I figure that there just has to be a way of making it much more realistic–more true to life. You know, so the game becomes an educational treat for the kids to enjoy.
The game also needs to be made more equitable. It is not fair that some players get to be rich while others go bankrupt.
At the outset, I think at least two sets of players ought to be established: the businessmen and the government officials. This can easily be accomplished by a simple roll of the dice.
This new game could be a combination of both “Risk” and “Monopoly.” Indeed, it could be a lively cross between the two games. We might even call the new game “Protectionism” or “Big Government” instead of “Monopoly.”
Obviously, the objective of the businessman would be to try and be as rich as possible.

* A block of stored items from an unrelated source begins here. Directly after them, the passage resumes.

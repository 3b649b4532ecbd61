//! Digests of a tree's paths and proofs, one after the other.

ghost use Rattle.std.specs.Prelude.{◌≡◌, ◌≤◌, ◌<◌, ◌^◌, ◌++◌, ℕ, List, length, map, IfOk, IfErr, IfSome, OnOk};
ghost use Rattle.std.specs.List.{concat};
ghost use Rattle.sha2.specs.Sha256.{sha256};
ghost use Rattle.merkle_batch.specs.Rows.{StandsFor};
ghost use Rattle.proof_maker.specs.Making.{NeverFaults};
ghost use Rattle.proof_maker.specs.Parts.{AreDigests, path_bytes, extension_bytes, path_if};
ghost use Rattle.proof_maker.specs.declared.made.MakeErr.TheVariants as make_err;

use crate::MakeErr;
use ledger_bytes::{Bytes, Digest, NoMemory, Sha, TimeMark};
use merkle_batch::Tree;
use std::alloc::Global;

/// The path of leaf `n` to the root over all leaves.
pub(crate) fn path_of(alloc: Global, tree: &Tree<Sha>, n: u64) -> Result<Bytes, MakeErr>
    ensures path { IfOk result (λ row. (ds : List (List ℕ)) → StandsFor sha256 tree.now ds
        → row ≡ path_bytes ds n) }
    ensures short { tree.now.size < 2 ^ 32 → IfOk result (AreDigests 32) }
    ensures err { tree.now.floor ≤ n → n < tree.now.size
        → IfErr result (λ e. e ≡ make_err.NoMemory) }
    ensures own { NeverFaults result }
{
    let digests = tree.path(n, tree.size())?;
    Ok(row_of(alloc, digests.as_slice())?)
}

/// The path of the leaf that a mark names, where there is a mark.
pub(crate) fn path_at(
    alloc: Global,
    tree: &Tree<Sha>,
    mark: Option<TimeMark>,
) -> Result<Bytes, MakeErr>
    ensures path { IfOk result (λ row. (ds : List (List ℕ)) → StandsFor sha256 tree.now ds
        → row ≡ path_if ds mark) }
    ensures short { tree.now.size < 2 ^ 32 → IfOk result (AreDigests 32) }
    ensures err { IfSome mark (λ m. (tree.now.floor ≤ m.jsn) × (m.jsn < tree.now.size))
        → IfErr result (λ e. e ≡ make_err.NoMemory) }
    ensures own { NeverFaults result }
{
    match mark {
        Some(mark) => path_of(alloc, tree, mark.jsn),
        None => Ok(Bytes::of(Vec::new(alloc))),
    }
}

/// The proof that the tree over all leaves goes on from that over the first `m`.
pub(crate) fn extension_of(alloc: Global, tree: &Tree<Sha>, m: u64) -> Result<Bytes, MakeErr>
    ensures proof { IfOk result (λ row. (ds : List (List ℕ)) → StandsFor sha256 tree.now ds
        → m ≤ tree.now.size → row ≡ extension_bytes ds m) }
    ensures short { tree.now.size < 2 ^ 32 → IfOk result (AreDigests 33) }
    ensures err { tree.now.floor ≤ m → 0 < m → m ≤ tree.now.size
        → IfErr result (λ e. e ≡ make_err.NoMemory) }
    ensures own { NeverFaults result }
{
    let digests = tree.proof(m, tree.size())?;
    Ok(row_of(alloc, digests.as_slice())?)
}

/// The bytes of digests, one after the other.
pub(crate) fn row_of(alloc: Global, digests: &[Digest]) -> Result<Bytes, NoMemory>
    ensures bytes { IfOk result (λ row. row ≡ concat (map (λ d. d.0) digests.now)) }
    ensures short { IfOk result (λ row. (k : ℕ) → length digests.now ≤ k → AreDigests k row) }
{
    let mut row = Vec::new(alloc);
    for digest in digests {
        add(&mut row, digest)?;
    }
    Ok(Bytes::of(row))
}

// Adds the bytes of a digest.
fn add(bytes: &mut Vec<u8>, digest: &Digest) -> Result<(), NoMemory>
    ensures bytes { OnOk result (bytes.new.items ≡ bytes.old.items ++ digest.now.0) }
    ensures width { length digest.now.0 ≡ 32 }
{
    bytes.extend_from_slice(&digest.0)?;
    Ok(())
}
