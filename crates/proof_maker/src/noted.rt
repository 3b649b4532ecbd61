//! What a notary's list shows of the bounds of a journal.

ghost use Rattle.std.specs.Prelude.{◌≡◌, ◌≤◌, ◌||◌, true, length, IfOk, IfErr};
ghost use Rattle.std.specs.Option.{is_some};
ghost use Rattle.journal_record.specs.declared.rules.TheConstants.{NOTARY_LIMIT};
ghost use Rattle.proof_maker.specs.Making.{CountsFaults};
ghost use Rattle.proof_maker.specs.Parts.{AreDigests, IsNotedOf, IsShortNoted, IsNotaryErr, index_path};

use crate::MakeErr;
use crate::rows::row_of;
use ledger_bytes::Bytes;
use std::alloc::Global;
use time_peg::Notary;

/// The size of a notary's list, and the paths of two of its entries.
#[derive(Drop)]
pub(crate) struct Noted {
    /// 0 where the notary wasn't asked.
    pub(crate) size: u64,
    /// Each path is empty where no entry is asked for, or none is there.
    pub(crate) lower_path: Bytes,
    pub(crate) upper_path: Bytes,
}

impl Noted {
    /// What is shown of the entries with these indexes. The notary is asked only where there is one.
    pub(crate) fn of<N: Notary>(
        alloc: Global,
        notary: &mut N,
        lower: Option<u64>,
        upper: Option<u64>,
    ) -> Result<Self, MakeErr>
        ensures noted { IfOk result (IsNotedOf (N.state notary.old).entries lower upper) }
        ensures short { IfOk result IsShortNoted }
        ensures err { IfErr result (IsNotaryErr (is_some lower || is_some upper)) }
        ensures same { (N.state notary.new).entries ≡ (N.state notary.old).entries }
        ensures origin { (N.state notary.new).origin ≡ (N.state notary.old).origin }
        ensures faults { CountsFaults result (N.state notary.old).faults (N.state notary.new).faults }
    {
        if lower.is_none() && upper.is_none() {
            return Ok(Noted {
                size: 0,
                lower_path: Bytes::of(Vec::new(alloc)),
                upper_path: Bytes::of(Vec::new(alloc)),
            });
        }
        let size = notary.head()?.size;
        Ok(Noted {
            size,
            lower_path: entry_path(alloc, notary, size, lower)?,
            upper_path: entry_path(alloc, notary, size, upper)?,
        })
    }
}

// The path of the entry with an index, where there is an index and the list of this size has the entry.
fn entry_path<N: Notary>(
    alloc: Global,
    notary: &mut N,
    size: u64,
    index: Option<u64>,
) -> Result<Bytes, MakeErr>
    requires all { size ≡ length (N.state notary.old).entries }
    requires few { size ≤ NOTARY_LIMIT }
    ensures path { IfOk result (λ row. row ≡ index_path (N.state notary.old).entries index) }
    ensures short { IfOk result (AreDigests 24) }
    ensures err { IfErr result (IsNotaryErr true) }
    ensures same { (N.state notary.new).entries ≡ (N.state notary.old).entries }
    ensures origin { (N.state notary.new).origin ≡ (N.state notary.old).origin }
    ensures faults { CountsFaults result (N.state notary.old).faults (N.state notary.new).faults }
{
    match index {
        Some(index) if index < size => {
            let digests = notary.path(alloc, index)?;
            Ok(row_of(alloc, digests.as_slice())?)
        }
        _ => Ok(Bytes::of(Vec::new(alloc))),
    }
}
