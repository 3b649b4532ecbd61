//! The proof of its parts.

ghost use Rattle.std.specs.Prelude.{◌≡◌, IfOk, option_map};
ghost use Rattle.proof_codec.specs.Proofs.{IsProof};
ghost use Rattle.proof_maker.specs.Making.{IsMade};
ghost use Rattle.proof_maker.specs.Parts.{shown_by, lower_by, upper_by};

use crate::Made;
use crate::bound::Bound;
use crate::noted::Noted;
use crate::parts::Parts;
use ledger_bytes::NoMemory;
use proof_codec::{Lower, Proof, Upper};
use std::alloc::Global;
use time_peg::TimeMark;

/// The proof of journal `n` among so many, by its parts and by what is noted of its bounds.
pub(crate) fn spell(
    alloc: Global,
    size: u64,
    n: u64,
    parts: &Parts,
    noted: &Noted,
) -> Result<Made, NoMemory>
    requires { IsProof (shown_by size n parts.now noted.now) }
    ensures { IfOk result (IsMade (shown_by size n parts.now noted.now)) }
{
    let proof = Proof {
        size,
        n,
        leaf: parts.leaf,
        path: parts.path.as_slice(),
        lo: lower_of(&parts.lower, parts.lower_path.as_slice()),
        hi: upper_of(&parts.upper),
        notary_size: noted.size,
        lo_path: noted.lower_path.as_slice(),
        hi_path: noted.upper_path.as_slice(),
    };
    Ok(Made {
        claim: proof.claim(),
        proof: proof.encode(alloc)?,
    })
}

// What is shown of the bound in front, whose path is this.
fn lower_of<'a>(bound: &'a Option<Bound>, path: &'a [u8]) -> Option<Lower<'a>>
    ensures { result ≡ option_map (lower_by path.now) bound.now }
{
    match bound {
        Some(bound) => Some(Lower {
            header: bound.header,
            path,
            root: bound.root,
            ext: bound.ext.as_slice(),
        }),
        None => None,
    }
}

// What is shown of the bound behind.
fn upper_of<'a>(bound: &'a Option<Bound>) -> Option<Upper<'a>>
    ensures { result ≡ option_map upper_by bound.now }
{
    match bound {
        Some(bound) => Some(Upper {
            mark: TimeMark {
                jsn: bound.header.jsn,
                index: bound.header.a,
                time: bound.header.b,
            },
            salt: bound.header.link,
            root: bound.root,
            ext: bound.ext.as_slice(),
        }),
        None => None,
    }
}
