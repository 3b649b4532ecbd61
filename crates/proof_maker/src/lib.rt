//! Proofs that a journal stands in a ledger between two times, and that a ledger or a notary's list goes on from an
//! earlier head, made from a book and a notary. Each is accepted by an auditor who trusts the heads under which, or from
//! which, it's made.
#![tactic(auto)]

mod bound;
mod extending;
mod laws;
mod made;
mod noted;
mod parts;
mod proving;
mod rows;
mod spelling;

pub use extending::{extend, extend_ledger, extend_notary};
pub use laws::{earlier_heads_lead_on, written_proofs_are_accepted};
pub use made::{Made, MadeExtension, MakeErr};
pub use proving::{prove, prove_from};
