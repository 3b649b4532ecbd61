//! What a book shows of a journal.

ghost use Rattle.std.specs.Prelude.{◌≡◌, ◌≤◌, ◌<◌, IfOk, IfErr};
ghost use Rattle.ledger_model.specs.History as model;
ghost use Rattle.ledger_model.specs.History.{History};
ghost use Rattle.ledger_book.specs.Books.{Serves};
ghost use Rattle.proof_maker.specs.Making.{NeverFaults};
ghost use Rattle.proof_maker.specs.Parts.{AreBounded, AreDigests, ArePartsOf, AreShort, LeadsUp};
ghost use Rattle.proof_maker.specs.declared.made.MakeErr.TheVariants as make_err;

use crate::MakeErr;
use crate::bound::{Bound, bound_at};
use crate::rows::{path_at, path_of};
use ledger_book::Book;
use ledger_bytes::{Bytes, Digest};
use std::alloc::Global;

/// A journal's leaf and path, and the time journals between which it lies.
#[derive(Drop)]
pub(crate) struct Parts {
    pub(crate) leaf: Digest,
    pub(crate) path: Bytes,
    pub(crate) lower: Option<Bound>,
    /// The path of the lower bound, empty where there is none.
    pub(crate) lower_path: Bytes,
    pub(crate) upper: Option<Bound>,
}

impl Parts {
    /// Those of journal `n`, whose leaf and path are given, since the ledger may have purged it.
    pub(crate) fn around(
        alloc: Global,
        book: &Book,
        n: u64,
        leaf: Digest,
        path: Bytes,
    ) -> Result<Self, MakeErr>
        requires few { AreDigests 32 path }
        ensures parts { IfOk result (λ parts. (h : History) → Serves book.now h
            → LeadsUp h n leaf path → ArePartsOf h n parts) }
        ensures bounds { IfOk result (λ parts. (h : History) → Serves book.now h
            → AreBounded h n parts) }
        ensures short { IfOk result AreShort }
        ensures err { (h : History) → Serves book.now h → IfErr result (λ e. e ≡ make_err.NoMemory) }
        ensures own { NeverFaults result }
    {
        let tree = book.tree();
        let (before, behind) = book.bounds_of(n);
        Ok(Parts {
            leaf,
            path,
            lower: bound_at(alloc, book, before)?,
            lower_path: path_at(alloc, tree, before)?,
            upper: bound_at(alloc, book, behind)?,
        })
    }
}

/// The leaf of journal `n` and its path under the root over all journals, as the ledger keeps them.
pub(crate) fn own_path(alloc: Global, book: &Book, n: u64) -> Result<(Digest, Bytes), MakeErr>
    ensures leads { IfOk result (λ own. (h : History) → Serves book.now h
        → LeadsUp h n own.0 own.1) }
    ensures short { IfOk result (λ own. AreDigests 32 own.1) }
    ensures err { (h : History) → Serves book.now h → n < model.size h
        → model.point h ≤ n → IfErr result (λ e. e ≡ make_err.NoMemory) }
    ensures own { NeverFaults result }
{
    let tree = book.tree();
    let leaf = tree.leaf(n)?;
    let path = path_of(alloc, tree, n)?;
    Ok((leaf, path))
}
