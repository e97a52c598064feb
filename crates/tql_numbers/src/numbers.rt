//! A list of numbers in little memory.
ghost use Rattle.std.specs.Prelude.{◌≡◌, ◌<◌, ◌++◌, [], ◌∷◌, OnOk, OnErr, IfOk, length, slice_index_or, take};
ghost use Rattle.std.specs.List.{swap};

use std::alloc::AllocError;
use std::marker::Model;
use tql_memory::Memory;

/// A list of numbers. Its model is that list. It takes 4 bytes a number as long as each is below 2^32, and 8 from then
/// on.
#[derive(Drop)]
pub struct Numbers {
    // Whether the list is in `wide`, else it is in `narrow`. The other one is empty.
    is_wide: bool,
    narrow: Vec<u32, Memory>,
    wide: Vec<usize, Memory>,
}

impl Model for Numbers {
    ghost use Rattle.std.specs.Prelude.{List, ℕ, if◌then◌else◌};

    ghost Value = { List ℕ };

    ghost view = { λ s. if s.is_wide then s.wide.items else s.narrow.items };
}

/// Returns a copy of the list, with 8 bytes a number.
fn widened(memory: Memory, narrow: &[u32]) -> Result<Vec<usize, Memory>, AllocError>
    ensures { IfOk result (λ wide. wide.items ≡ narrow.now) }
{
    let mut wide = Vec::with_capacity(memory, narrow.len())?;
    for number in narrow {
        wide.push(*number as usize)?;
    }
    Ok(wide)
}

/// Returns the number at an index, or 0 past the end.
fn narrow_at(narrow: &[u32], index: usize) -> usize
    ensures { result ≡ slice_index_or narrow.now index 0 }
{
    match narrow.get(index) {
        Some(number) => *number as usize,
        None => 0,
    }
}

/// Returns the number at an index, or 0 past the end.
fn wide_at(wide: &[usize], index: usize) -> usize
    ensures { result ≡ slice_index_or wide.now index 0 }
{
    match wide.get(index) {
        Some(number) => *number,
        None => 0,
    }
}

impl Numbers {
    /// Creates an empty list.
    pub fn new(memory: Memory) -> Numbers
        ensures { result ≡ [] }
    {
        Numbers {
            is_wide: false,
            narrow: Vec::new(memory),
            wide: Vec::new(memory),
        }
    }

    /// Returns the number of numbers.
    pub fn len(&self) -> usize
        ensures { result ≡ length self.now }
    {
        if self.is_wide {
            self.wide.len()
        } else {
            self.narrow.len()
        }
    }

    /// Returns the number at an index, or 0 past the end.
    pub fn at(&self, index: usize) -> usize
        ensures { result ≡ slice_index_or self.now index 0 }
    {
        if self.is_wide {
            wide_at(&self.wide, index)
        } else {
            narrow_at(&self.narrow, index)
        }
    }

    /// Appends a number. If out of memory, nothing changes.
    pub fn push(&mut self, number: usize) -> Result<(), AllocError>
        ensures ok { OnOk result (self.new ≡ self.old ++ number ∷ []) }
        ensures err { OnErr result (self.new ≡ self.old) }
    {
        if self.is_wide {
            self.wide.push(number)?;
            return Ok(());
        }
        if let Ok(small) = u32::try_from(number) {
            self.narrow.push(small)?;
            return Ok(());
        }
        let memory = *self.narrow.allocator();
        let mut wide = widened(memory, &self.narrow)?;
        wide.push(number)?;
        self.is_wide = true;
        self.narrow = Vec::new(memory);
        self.wide = wide;
        Ok(())
    }

    /// Keeps the first `len` numbers.
    pub fn truncate(&mut self, len: usize)
        ensures { self.new ≡ take len self.old }
    {
        if self.is_wide {
            self.wide.truncate(len);
        } else {
            self.narrow.truncate(len);
        }
    }

    /// Swaps the numbers at two indexes.
    pub fn swap(&mut self, a: usize, b: usize)
        requires a { a < length self.old }
        requires b { b < length self.old }
        ensures { self.new ≡ swap self.old a b }
    {
        if self.is_wide {
            self.wide.swap(a, b);
        } else {
            self.narrow.swap(a, b);
        }
    }
}
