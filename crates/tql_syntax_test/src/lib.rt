//! Parsing predicates: one test, or an expression that does not continue as a test.
#![tactic(auto)]

pub mod predicates;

In order to do this, he has to successfully fend off the greedy government officials while prudently managing his businesses (properties).
The government officials, in turn, must amass as much loot as possible, without putting the businessmen out of business. The goose that lays the golden eggs must be ruthlessly extorted yet carefully preserved.
Obviously, then, the game should have two winners in the end: the most successful businessman and the most skillfully rapacious government man.
Here’s how it might work. After each player picks his symbol or marker, they then roll the dice and go around the board, just as in the regular game of Monopoly. In this case, each businessman has the option of purchasing any property he lands on, be it Park Place, Board Walk, or Baltic Avenue. (The properties need not be real estate. If the board were designed more like Risk, we could be dealing with countries instead.)
The twist is that every government player also gets to claim the country or property he lands on–except that, in this case, unlike the businessman, the government player gets to claim the property without ever having to pay for it. He gets Board Walk or Brazil automatically–no questions asked.
Now if the government player secures a piece of property, he or she then has the right to tax the private owner of the property–in other words, the businessman player who purchased it, or any private player who lands on it. So that, for example, if private player Pellegrino buys Park Place, government player Jones can hit him with the property tax rate of his choice–be it 20%, 45%, 75%, or whatever suits his whim.
Now if private player Pellegrino decides to sell Park Place to private player Smith, government player Jones still retains the right to tax Smith, which means that government player Jones’ tax rate would have to figure into Smith’s purchase price or Pellegrino’s selling price, just as it would in the real market.
The government players, however, would not have the right to trade tax zones for any reason. They are stuck with the free tax zones they landed on.
On the other hand, the government players would certainly have the right to tax any private capitalist players entering their tax zones (borders). Furthermore, the government players would also retain the right to penalize competing government players for “unfairly” overtaxing their private players in their respective tax zones by retaliating with similar taxes or regulations of their own.
How about it? Shall we play “Big Government Protectionism”? Naturally, each private player would be free to bribe the government players for policy changes.
It would be a corrupt yet fascinating game–as in real life.